That day passed with the Axe II.
I dunno - tube output and dynamics is another variable to the 'dark-art' equation that I'm not sure the sterile, digitial realm can bring to the table. To me, a tube amp is a 'living-thing' that offers different expressions dependent upon careful tube selection and bias adjustments - a single computer algorithm has captured all-that? I doubt it.
It's good enough for many international acts including Metallica and U2.
Those guys have either RACKS AND RACKS of signal processing (Edge) or massive diode-clipping distortion chunka-chunka (Metallica) who play in venues where 'quality' audio is sacrificed upon the alter of raw volume - the nuance of tubes is absolutely lost in those signal chains. I don't see anyone lining-up to dump their Dumble (if they have one) for a pile of microchips.
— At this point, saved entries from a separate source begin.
//! The changes of a sheet go into its table, and what a log was given.
ghost use Rattle.std.specs.Prelude.{◌≡◌, ◌⊎◌, ◌∷◌, ◌<◌, ◌^◌, [], ℕ, Some, map};
ghost use Rattle.std.specs.Prelude.{IfErr, IfOk, OnOk, OnErr, All, option_copied};
ghost use Rattle.std.specs.FinMap.{insert, remove};
ghost use Rattle.sqlite.specs.Held.{state};
ghost use Rattle.sqlite.specs.State.{HasCleanDisk, KeepsCommit, Survives};
ghost use Rattle.sqlite.specs.Values.{bound, bound_value};
ghost use Rattle.sqlite_value.specs.Value.{owned};
ghost use Rattle.sheet_core.specs.Columns.{IsSmall, AreSmall};
ghost use Rattle.sheet_core.specs.Filled.{StandUnderKeys, filled_onto};
ghost use Rattle.sheet_core.specs.RowKeys.{number_digits};
ghost use Rattle.sheet_core.specs.Rows.{StayThere};
ghost use Rattle.sheet_core.specs.Sheet.{Table, given, now_of};
ghost use Rattle.table_store.specs.Stored.{value_of, column_of, columns_in};
ghost use Rattle.table_store.specs.Transactions.{IsOfMemoryOrStore, IsOfStore, MayUndo};
ghost use Rattle.table_store.specs.Values.{AreDropped};
ghost use Rattle.table_store.specs.Written.{tree_of, IsReady, IsTableOf, MayStop};
ghost use Rattle.table_store.specs.Written.{Writes, Suits, Takes, changes_of, given_all};

use crate::fault::TableFault;
use crate::name::TableName;
use crate::rows::{drop_row, put_row};
use sheet_core::{Column, Log, Pending, Row, Sheet, Stored};
use sqlite::{Alter, Connection};
use sqlite_value::value::ValueRef;
use std::alloc::{AllocError, Global};

/// The value of a column, which is read as that column.
fn value_of(column: &Column) -> ValueRef<'_>
    requires { IsSmall column.now }
    ensures value { bound_value (owned result) ≡ value_of column.now }
    ensures read { column_of (value_of column.now) ≡ Some column.now }
{
    match column {
        Column::Whole(number) => ValueRef::Int(*number as i64),
        Column::Text(text) => ValueRef::Text(text.as_str().as_bytes()),
        Column::Absent => ValueRef::Null,
    }
}

/// The values of the columns, which are read as those columns.
pub(crate) fn values_of(alloc: Global, columns: &[Column]) -> Result<Vec<ValueRef<'_>>, AllocError>
    requires { All IsSmall columns.now }
    ensures values { IfOk result (λ values. bound values.items ≡ map value_of columns.now) }
    ensures read { IfOk result (λ _. columns_in (map value_of columns.now) ≡ Some columns.now) }
{
    let mut values = Vec::new(alloc);
    for column in columns {
        values.push(value_of(column))?;
    }
    Ok(values)
}

/// Puts a row of the machine under its number, in the place of the one that stands there. After `Memory` nothing has
/// changed, and after `Store` the transaction may be undone.
pub fn write_row<S: Alter, R: Stored + Row<Key = u64>>(
    alloc: Global,
    conn: &mut Connection<S>,
    table: TableName,
    row: &R,
) -> Result<(), TableFault>
    requires ready { HasCleanDisk (state S.Store conn.old) → IsReady (state S.Store conn.old) }
    requires suits { Suits R.columns_of R.key_of number_digits table }
    requires small { All IsSmall (R.columns_of row.now) }
    ensures set { HasCleanDisk (state S.Store conn.new)
        → OnOk result (Writes table (state S.Store conn.old) (state S.Store conn.new)) }
    ensures put { HasCleanDisk (state S.Store conn.new) → (rows : Table R)
        → StandUnderKeys R.key_of rows
        → IsTableOf R.row_from R.columns_of table (tree_of table (state S.Store conn.old)) rows
        → OnOk result (IsTableOf R.row_from R.columns_of table
        (tree_of table (state S.Store conn.new))
        (insert rows (R.key_of row.now) row.now)) }
    ensures failed { HasCleanDisk (state S.Store conn.new)
        → IfErr result (MayUndo (state S.Store conn.old) (state S.Store conn.new)) }
    ensures fault { IfErr result IsOfMemoryOrStore }
    ensures crash { Survives (state S.Store conn.old) (state S.Store conn.new) (λ _. ⊥) }
{
    let columns = row.columns(alloc)?;
    let values = values_of(alloc, columns.as_slice())?;
    put_row(conn, table, values.as_slice())
}

/// Drops the row of a number.
fn remove_row<S: Alter, R: Stored + Row<Key = u64>>(
    conn: &mut Connection<S>,
    table: TableName,
    number: u64,
) -> Result<(), TableFault>
    requires ready { HasCleanDisk (state S.Store conn.old) → IsReady (state S.Store conn.old) }
    requires suits { Suits R.columns_of R.key_of number_digits table }
    requires dropped { AreDropped table }
    requires small { number < 2 ^ 63 }
    ensures set { HasCleanDisk (state S.Store conn.new)
        → OnOk result (Writes table (state S.Store conn.old) (state S.Store conn.new)) }
    ensures gone { HasCleanDisk (state S.Store conn.new) → (rows : Table R)
        → StandUnderKeys R.key_of rows
        → IsTableOf R.row_from R.columns_of table (tree_of table (state S.Store conn.old)) rows
        → OnOk result (IsTableOf R.row_from R.columns_of table
        (tree_of table (state S.Store conn.new))
        (remove rows (number ∷ []))) }
    ensures failed { HasCleanDisk (state S.Store conn.new)
        → IfErr result (MayUndo (state S.Store conn.old) (state S.Store conn.new)) }
    ensures fault { IfErr result IsOfStore }
    ensures crash { Survives (state S.Store conn.old) (state S.Store conn.new) (λ _. ⊥) }
{
    drop_row(conn, table, number as i64)
}

/// Makes one change in the table.
fn write_change<S: Alter, R: Stored + Row<Key = u64>>(
    alloc: Global,
    conn: &mut Connection<S>,
    table: TableName,
    change: &Pending<'_, R>,
) -> Result<(), TableFault>
    requires ready { HasCleanDisk (state S.Store conn.old) → IsReady (state S.Store conn.old) }
    requires suits { Suits R.columns_of R.key_of number_digits table }
    requires takes { Takes R.columns_of R.key_of table
        (number_digits change.now.key.now) (option_copied change.now.row) }
    ensures set { HasCleanDisk (state S.Store conn.new)
        → OnOk result (Writes table (state S.Store conn.old) (state S.Store conn.new)) }
    ensures made { HasCleanDisk (state S.Store conn.new) → (rows : Table R)
        → StandUnderKeys R.key_of rows
        → IsTableOf R.row_from R.columns_of table (tree_of table (state S.Store conn.old)) rows
        → OnOk result (IsTableOf R.row_from R.columns_of table
        (tree_of table (state S.Store conn.new))
        (given (number_digits change.now.key.now) (option_copied change.now.row) rows)) }
    ensures failed { HasCleanDisk (state S.Store conn.new)
        → IfErr result (MayUndo (state S.Store conn.old) (state S.Store conn.new)) }
    ensures fault { IfErr result IsOfMemoryOrStore }
    ensures crash { Survives (state S.Store conn.old) (state S.Store conn.new) (λ _. ⊥) }
{
    match change.row {
        Some(row) => write_row::<S, R>(alloc, conn, table, row),
        None => remove_row::<S, R>(conn, table, *change.key),
    }
}

/// Makes the changes in the table, in their order.
fn write_changes<S: Alter, R: Stored + Row<Key = u64>>(
    alloc: Global,
    conn: &mut Connection<S>,
    table: TableName,
    changes: &[Pending<'_, R>],
) -> Result<(), TableFault>
    requires ready { HasCleanDisk (state S.Store conn.old) → IsReady (state S.Store conn.old) }
    requires suits { Suits R.columns_of R.key_of number_digits table }
    requires takes { All (λ c. Takes R.columns_of R.key_of table c.0 c.1)
        (changes_of number_digits changes.now) }
    ensures set { HasCleanDisk (state S.Store conn.new)
        → OnOk result (Writes table (state S.Store conn.old) (state S.Store conn.new)) }
    ensures made { HasCleanDisk (state S.Store conn.new) → (rows : Table R)
        → StandUnderKeys R.key_of rows
        → IsTableOf R.row_from R.columns_of table (tree_of table (state S.Store conn.old)) rows
        → OnOk result (IsTableOf R.row_from R.columns_of table
        (tree_of table (state S.Store conn.new))
        (given_all (changes_of number_digits changes.now) rows)) }
    ensures failed { HasCleanDisk (state S.Store conn.new)
        → IfErr result (MayStop table (state S.Store conn.old) (state S.Store conn.new)) }
    ensures fault { IfErr result IsOfMemoryOrStore }
    ensures crash { Survives (state S.Store conn.old) (state S.Store conn.new) (λ _. ⊥) }
{
    for change in changes {
        write_change::<S, R>(alloc, conn, table, change)?;
    }
    Ok(())
}

/// The changes of a sheet since the request began go into its table, within the transaction that the caller
/// began: each row that there is now is put, and each that there was is dropped.
///
/// Each row is written before the next is made ready, so that the values of one row are held at a time. After `Memory`
/// the rows before it stand in the table, and the transaction is still open: the caller's `rollback` takes them back.
/// After `Store` the transaction may be undone already.
pub fn write_pending<S: Alter, R: Stored + Row<Key = u64>>(
    alloc: Global,
    conn: &mut Connection<S>,
    table: TableName,
    sheet: &Sheet<R>,
) -> Result<(), TableFault>
    requires ready { HasCleanDisk (state S.Store conn.old) → IsReady (state S.Store conn.old) }
    requires suits { Suits R.columns_of R.key_of number_digits table }
    requires own { StandUnderKeys R.key_of (now_of sheet.now)
        × StandUnderKeys R.key_of sheet.now.before }
    requires small { AreSmall R.columns_of (now_of sheet.now)
        × AreSmall R.columns_of sheet.now.before }
    requires stays { AreDropped table ⊎ StayThere sheet.now.before (now_of sheet.now) }
    requires before { HasCleanDisk (state S.Store conn.old)
        → IsTableOf R.row_from R.columns_of table (tree_of table (state S.Store conn.old))
        sheet.now.before }
    ensures written { HasCleanDisk (state S.Store conn.new)
        → OnOk result (IsTableOf R.row_from R.columns_of table
        (tree_of table (state S.Store conn.new)) (now_of sheet.now)) }
    ensures set { HasCleanDisk (state S.Store conn.new)
        → OnOk result (Writes table (state S.Store conn.old) (state S.Store conn.new)) }
    ensures failed { HasCleanDisk (state S.Store conn.new)
        → IfErr result (MayStop table (state S.Store conn.old) (state S.Store conn.new)) }
    ensures commit { HasCleanDisk (state S.Store conn.new)
        → KeepsCommit (state S.Store conn.old) (state S.Store conn.new) }
    ensures fault { IfErr result IsOfMemoryOrStore }
    ensures crash { Survives (state S.Store conn.old) (state S.Store conn.new) (λ _. ⊥) }
{
    let changes = sheet.pending()?;
    write_changes::<S, R>(alloc, conn, table, changes.as_slice())
}

/// Puts the rows in the table, in their order.
fn write_rows<S: Alter, R: Stored + Row<Key = u64>>(
    alloc: Global,
    conn: &mut Connection<S>,
    table: TableName,
    rows: &[R],
) -> Result<(), TableFault>
    requires ready { HasCleanDisk (state S.Store conn.old) → IsReady (state S.Store conn.old) }
    requires suits { Suits R.columns_of R.key_of number_digits table }
    requires small { All (λ row. All IsSmall (R.columns_of row)) rows.now }
    ensures set { HasCleanDisk (state S.Store conn.new)
        → OnOk result (Writes table (state S.Store conn.old) (state S.Store conn.new)) }
    ensures put { HasCleanDisk (state S.Store conn.new) → (old : Table R)
        → StandUnderKeys R.key_of old
        → IsTableOf R.row_from R.columns_of table (tree_of table (state S.Store conn.old)) old
        → OnOk result (IsTableOf R.row_from R.columns_of table
        (tree_of table (state S.Store conn.new)) (filled_onto R.key_of old rows.now)) }
    ensures failed { HasCleanDisk (state S.Store conn.new)
        → IfErr result (MayStop table (state S.Store conn.old) (state S.Store conn.new)) }
    ensures fault { IfErr result IsOfMemoryOrStore }
    ensures crash { Survives (state S.Store conn.old) (state S.Store conn.new) (λ _. ⊥) }
{
    for row in rows {
        write_row::<S, R>(alloc, conn, table, row)?;
    }
    Ok(())
}

/// The rows that a log was given since the request began go into its table, within the transaction that the caller
/// began. The faults are those of `write_pending`.
pub fn write_log<S: Alter, R: Stored + Row<Key = u64>>(
    alloc: Global,
    conn: &mut Connection<S>,
    table: TableName,
    log: &Log<R>,
) -> Result<(), TableFault>
    requires ready { HasCleanDisk (state S.Store conn.old) → IsReady (state S.Store conn.old) }
    requires suits { Suits R.columns_of R.key_of number_digits table }
    requires own { StandUnderKeys R.key_of log.now.before }
    requires small { AreSmall R.columns_of (now_of log.now) }
    requires before { HasCleanDisk (state S.Store conn.old)
        → IsTableOf R.row_from R.columns_of table (tree_of table (state S.Store conn.old))
        log.now.before }
    ensures written { HasCleanDisk (state S.Store conn.new)
        → OnOk result (IsTableOf R.row_from R.columns_of table
        (tree_of table (state S.Store conn.new)) (now_of log.now)) }
    ensures set { HasCleanDisk (state S.Store conn.new)
        → OnOk result (Writes table (state S.Store conn.old) (state S.Store conn.new)) }
    ensures failed { HasCleanDisk (state S.Store conn.new)
        → IfErr result (MayStop table (state S.Store conn.old) (state S.Store conn.new)) }
    ensures commit { HasCleanDisk (state S.Store conn.new)
        → KeepsCommit (state S.Store conn.old) (state S.Store conn.new) }
    ensures fault { IfErr result IsOfMemoryOrStore }
    ensures crash { Survives (state S.Store conn.old) (state S.Store conn.new) (λ _. ⊥) }
{
    write_rows::<S, R>(alloc, conn, table, log.pending())
}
Until I see full-spectrum signal replication on a high-sampled spectrum analyzer, side-by-side, and there is zero difference in signals between a tube amp and a digital amp-modeler, I remain sceptical that this technology is ready for prime-time and we should all just walk-away from tubes 'today'.
When people said regular 35mm camera film was "dead" after digital photo technology came along, they didn't realize that you STILL had to run your digital images through hours-and-hours of Photoshop 'tweaking' to get some of the effects that using different camera film emulsions gave you - there is a trade-off in moving to 'new' tech. With digital tech, your creative freedom is bound by whatever the chip-maker and the software programmer are willing to write code for and give you - if 'they' don't write that nuance into their algorithms, you don't get access to it, and you could lose that analog dynamic/nuance forever.
Now, maybe your ears/eyes don't see or hear the difference - your palate is not that refined. A McDonalds hamburger tastes the same as a Wendy's burger to you, I dunno. But to others, there is a big difference. I have on my desk next to me a custom-made, tube-powered headphone amplifier - for my ipod. This little blue MO-FO, when the JJ tubes get warm, is absolutely amazing.
So in summary you've never played an Axe and have no idea what you're complaining about, but your camera experience and generic prejudice is good enough to roll with this.